---------- Available data ----------
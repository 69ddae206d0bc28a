// How many stores a camera has. One store holds 16,129 frames for certain; a camera of which more is asked has several,
// all with one ring, which are recorded into as one long ring.
ghost use Rattle.std.specs.Prelude.{◌≡◌, ◌≤◌, ◌<◌, ◌↔◌, ◌+◌, ◌*◌, ◌-◌, ◌^◌, ℕ, IfSome, IsNone};
ghost use Rattle.loop_station_words.specs.Rings.{IsRing, file_size};
ghost use Rattle.loop_station_words.specs.Sets.{IsLeastCount, IsLeastSetFor, IsSetWithin, IsStoreCount, held_by, long_ring};

use crate::ring::{RingSize, fitting, ring_for, ring_within, slots_within};

/// The most stores of a camera.
pub const MAX_STORES: u32 = 256;

// The largest ring of one store.
const LARGEST: RingSize = RingSize {
    segments: 64,
    slots: 256,
};

// The bytes of a store before its first segment, of a segment before its first slot, and of a slot before its frame.
const HEAD: u64 = 2560;

const SEGMENT_HEAD: u64 = 512;

const SLOT_HEAD: u64 = 32;

/// Several stores, each with a file of its own.
#[derive(Clone, Copy, Debug, PartialEq, Eq)]
pub struct SetSize {
    /// How many there are, 1 to 256.
    pub stores: u32,
    /// The ring of each.
    pub ring: RingSize,
}

/// The least number of stores of a ring that hold so many of the newest frames after each answered append while nothing
/// is locked; a stop within an append may leave one less. `None` where that is more than 256.
pub fn stores_for(frames: u64, ring: RingSize) -> Option<u32>
    requires { IsRing ring }
    ensures least { IfSome result (IsLeastCount frames ring) }
    ensures none { IsNone result ↔ (held_by 256 ring < frames) }
{
    let before = frames.saturating_sub(1);
    let blocks = before.div_ceil(u64::from(ring.slots)) + 1;
    let stores = blocks.div_ceil(u64::from(ring.segments));
    if stores > u64::from(MAX_STORES) {
        return None;
    }
    Some(stores as u32)
}

/// The stores that hold so many frames of `frame_bytes`, as `stores_for` has it. One store has the ring of `ring_for`;
/// of more there are as few as can be, of 64 segments and as few slots as can be. `None` where 256 stores don't hold so
/// many: more than 4,194,049.
pub fn set_for(frames: u64, frame_bytes: u32) -> Option<SetSize>
    ensures least { IfSome result (IsLeastSetFor frame_bytes frames) }
    ensures none { IsNone result ↔ (4194049 < frames) }
{
    if let Some(ring) = ring_for(frames, frame_bytes) {
        return Some(SetSize { stores: 1, ring });
    }
    let stores = stores_for(frames, LARGEST)?;
    Some(SetSize {
        stores,
        ring: least_ring(stores, frames),
    })
}

// The ring of 64 segments and the fewest slots of which so many stores hold so many frames.
fn least_ring(stores: u32, frames: u64) -> RingSize
    requires count { IsStoreCount stores }
    requires some { 2 ≤ frames }
    requires enough { frames ≤ held_by stores (long_ring 256) }
    ensures ring { IsRing result }
    ensures segments { result.segments ≡ 64 }
    ensures enough { frames ≤ held_by stores result }
    ensures least { (slots : ℕ) → frames ≤ held_by stores (long_ring slots) → result.slots ≤ slots }
{
    let blocks = u64::from(stores) * 64 - 1;
    RingSize {
        segments: 64,
        slots: (frames - 1).div_ceil(blocks) as u32,
    }
}

/// The stores whose files have at most so many bytes together, for frames of `frame_bytes`. Within the size of one
/// store it is the one of `ring_within`; beyond that there are as many stores as so many bytes need, 256 at most, of 64
/// segments and as many slots as fit. `None` where not even two segments of one slot fit.
pub fn set_within(frame_bytes: u32, bytes: u64) -> Option<SetSize>
    ensures within { IfSome result (IsSetWithin frame_bytes bytes) }
    ensures none { IsNone result ↔ (bytes < file_size frame_bytes (record { segments = 2; slots = 1 })) }
{
    let slot = SLOT_HEAD + u64::from(frame_bytes);
    let largest = HEAD + 64 * (SEGMENT_HEAD + 256 * slot);
    if bytes <= largest {
        let ring = ring_within(frame_bytes, bytes)?;
        return Some(SetSize { stores: 1, ring });
    }
    let stores = bytes.div_ceil(largest).min(u64::from(MAX_STORES));
    Some(SetSize {
        stores: stores as u32,
        ring: RingSize {
            segments: 64,
            slots: slots_each(stores, bytes, slot),
        },
    })
}

// How many slots each of the 64 segments of so many stores has, at most 256, where so many bytes are there.
fn slots_each(stores: u64, bytes: u64, slot: u64) -> u32
    requires count { (2 ≤ stores) × (stores ≤ 256) }
    requires slot { (32 ≤ slot) × (slot < 2 ^ 33) }
    requires room { (stores - 1) * (2560 + 64 * (512 + 256 * slot)) < bytes }
    ensures few { (1 ≤ result) × (result ≤ 256) }
    ensures fits { stores * (2560 + 64 * (512 + result * slot)) ≤ bytes }
    ensures most { (n : ℕ) → n ≤ 256 → stores * (2560 + 64 * (512 + n * slot)) ≤ bytes → n ≤ result }
{
    let each = fitting(bytes, stores, u64::MAX);
    slots_within(each.saturating_sub(HEAD), 64, slot) as u32
}

/// How many stores of a ring have files of at most so many bytes together, for frames of `frame_bytes`: 1 at least, and
/// 256 at most.
pub fn stores_within(frame_bytes: u32, bytes: u64, ring: RingSize) -> u32
    requires { IsRing ring }
    ensures count { IsStoreCount result }
    ensures fits { 2 ≤ result → result * file_size frame_bytes ring ≤ bytes }
    ensures most { (n : ℕ) → n ≤ 256 → n * file_size frame_bytes ring ≤ bytes → n ≤ result }
{
    let slot = SLOT_HEAD + u64::from(frame_bytes);
    let size = HEAD + u64::from(ring.segments) * (SEGMENT_HEAD + u64::from(ring.slots) * slot);
    fitting(bytes, size, u64::from(MAX_STORES)).max(1) as u32
}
----------
* Task directions
The listing above holds a line with "Some(stores as u32)" and a line with "The stores that". Print the stretch from the first through the second, exactly and alone.

* Exercise solution
    Some(stores as u32)
}

/// The stores that hold so many frames of `frame_bytes`, as `stores_for` has it. One store has the ring of `ring_for`;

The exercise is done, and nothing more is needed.